Data extracts:
// Operations on fractions: the scale that leads the line is 0.
use crate::numbers::Numbers;
use crate::value::Value;
use exact_fraction::{Fraction, root_ceil, root_floor};

pub fn value(name: &str, numbers: &Numbers) -> Option<Value> {
    match name {
        "new" => Some(Value::of_fraction(Fraction::new(numbers.at(1), numbers.at(2)))),
        "product" => product(numbers),
        "root_floor" => root(numbers, false),
        "root_ceil" => root(numbers, true),
        "at_most" => Some(Value::Flag(numbers.fraction(1)?.at_most(numbers.fraction(3)?))),
        "floor_scaled" => scaled(numbers, false),
        "ceil_scaled" => scaled(numbers, true),
        "floor_times" => multiple(numbers, false),
        "ceil_times" => multiple(numbers, true),
        _ => None,
    }
}

// Three factors over two.
fn product(numbers: &Numbers) -> Option<Value> {
    let top = [numbers.word(1)?, numbers.word(2)?, numbers.word(3)?];
    let bottom = [numbers.word(4)?, numbers.word(5)?];
    Some(Value::of_fraction(Fraction::product(&top, &bottom)))
}

fn root(numbers: &Numbers, up: bool) -> Option<Value> {
    let square = u128::try_from(numbers.at(1)).ok()?;
    if square >= 1 << 127 {
        return None;
    }
    let root = if up {
        root_ceil(square)
    } else {
        root_floor(square)
    };
    Some(Value::Natural(u128::from(root)))
}

fn scaled(numbers: &Numbers, up: bool) -> Option<Value> {
    let x = numbers.fraction(1)?;
    let scale = numbers.small(3)?;
    if scale > 48 {
        None
    } else if up {
        Some(Value::of_end(x.ceil_scaled(scale)))
    } else {
        Some(Value::of_end(x.floor_scaled(scale)))
    }
}

fn multiple(numbers: &Numbers, up: bool) -> Option<Value> {
    let x = numbers.fraction(1)?;
    let factor = u64::try_from(numbers.at(3)).ok()?;
    let scale = numbers.small(4)?;
    if scale > 48 || x.num < 0 {
        None
    } else if up {
        Some(Value::of_whole(x.ceil_times(factor, scale)))
    } else {
        Some(Value::of_whole(x.floor_times(factor, scale)))
    }
}
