// Reads operations, one a line, and prints the value of each: `mul 40 1 2 3 4` is the product of two intervals at scale 40, by
// their raw ends, and `floor_scaled 0 1 3 40` is an operation on fractions. A line that is none is answered by `unread`.
#![tactic(auto)]

mod fractions;
mod intervals;
mod numbers;
mod rectangles;
mod value;

use crate::numbers::Numbers;
use crate::value::Value;
use complex_interval::Span;
use std::io;
use std::io::{BufRead, BufReader, BufWriter, Write};

fn main(rt: HostRuntime) -> io::Result<()> {
    let mut out = BufWriter::new(rt.alloc(), io::writer(&rt))?;
    for line in BufReader::new(rt.alloc(), rt.reader())?.lines(rt.alloc()) {
        writeln!(out, "{}", value_of(line?.as_str()))?;
    }
    out.flush()
}

// The value of the operation that a line names.
fn value_of(line: &str) -> Value {
    let name = line.split(' ').next().unwrap_or("");
    let numbers = Numbers::of_line(line);
    match numbers.at(0) {
        0 => fractions::value(name, &numbers),
        40 => intervals::value::<Span<40>>(name, &numbers),
        48 => intervals::value::<Span<48>>(name, &numbers),
        _ => None,
    }
    .unwrap_or(Value::Unread)
}
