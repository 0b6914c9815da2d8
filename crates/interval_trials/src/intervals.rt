// Operations on intervals, at the scale that leads the line.
use crate::numbers::Numbers;
use crate::rectangles;
use crate::value::Value;
use complex_interval::Enclosure;

pub fn value<E: Enclosure>(name: &str, numbers: &Numbers) -> Option<Value> {
    match name {
        "from_ends" => Some(Value::of_interval(numbers.interval::<E>(1))),
        "from_fraction" => Some(Value::of_interval(E::from_fraction(numbers.fraction(1)?))),
        "from_range" => from_range::<E>(numbers),
        "add" | "sub" | "mul" | "div" => binary::<E>(name, numbers),
        "square" | "not_below_zero" | "not_above_zero" | "mig" | "mag" | "width" => {
            unary::<E>(name, numbers.interval(1)?)
        }
        _ => rectangles::value::<E>(name, numbers),
    }
}

fn from_range<E: Enclosure>(numbers: &Numbers) -> Option<Value> {
    let from = numbers.fraction(1)?;
    let to = numbers.fraction(3)?;
    if from.at_most(to) {
        Some(Value::of_interval(E::from_range(from, to)))
    } else {
        None
    }
}

fn binary<E: Enclosure>(name: &str, numbers: &Numbers) -> Option<Value> {
    let first: E = numbers.interval(1)?;
    let second: E = numbers.interval(3)?;
    let result = match name {
        "add" => first.add(second),
        "sub" => first.sub(second),
        "mul" => first.mul(second),
        _ => first.div(second),
    };
    Some(Value::of_interval(result))
}

fn unary<E: Enclosure>(name: &str, interval: E) -> Option<Value> {
    Some(match name {
        "square" => Value::of_interval(interval.square()),
        "not_below_zero" => Value::of_interval(interval.not_below_zero()),
        "not_above_zero" => Value::of_interval(interval.not_above_zero()),
        "mig" => Value::Natural(u128::from(interval.mig())),
        "mag" => Value::Natural(u128::from(interval.mag())),
        _ => Value::Natural(u128::from(interval.width())),
    })
}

What is being asked:
The lines from the beginning of the records through the line containing "factors over two." should be reproduced exactly. Include nothing else.

Task response:
// Operations on fractions: the scale that leads the line is 0.
use crate::numbers::Numbers;
use crate::value::Value;
use exact_fraction::{Fraction, root_ceil, root_floor};

pub fn value(name: &str, numbers: &Numbers) -> Option<Value> {
    match name {
        "new" => Some(Value::of_fraction(Fraction::new(numbers.at(1), numbers.at(2)))),
        "product" => product(numbers),
        "root_floor" => root(numbers, false),
        "root_ceil" => root(numbers, true),
        "at_most" => Some(Value::Flag(numbers.fraction(1)?.at_most(numbers.fraction(3)?))),
        "floor_scaled" => scaled(numbers, false),
        "ceil_scaled" => scaled(numbers, true),
        "floor_times" => multiple(numbers, false),
        "ceil_times" => multiple(numbers, true),
        _ => None,
    }
}

// Three factors over two.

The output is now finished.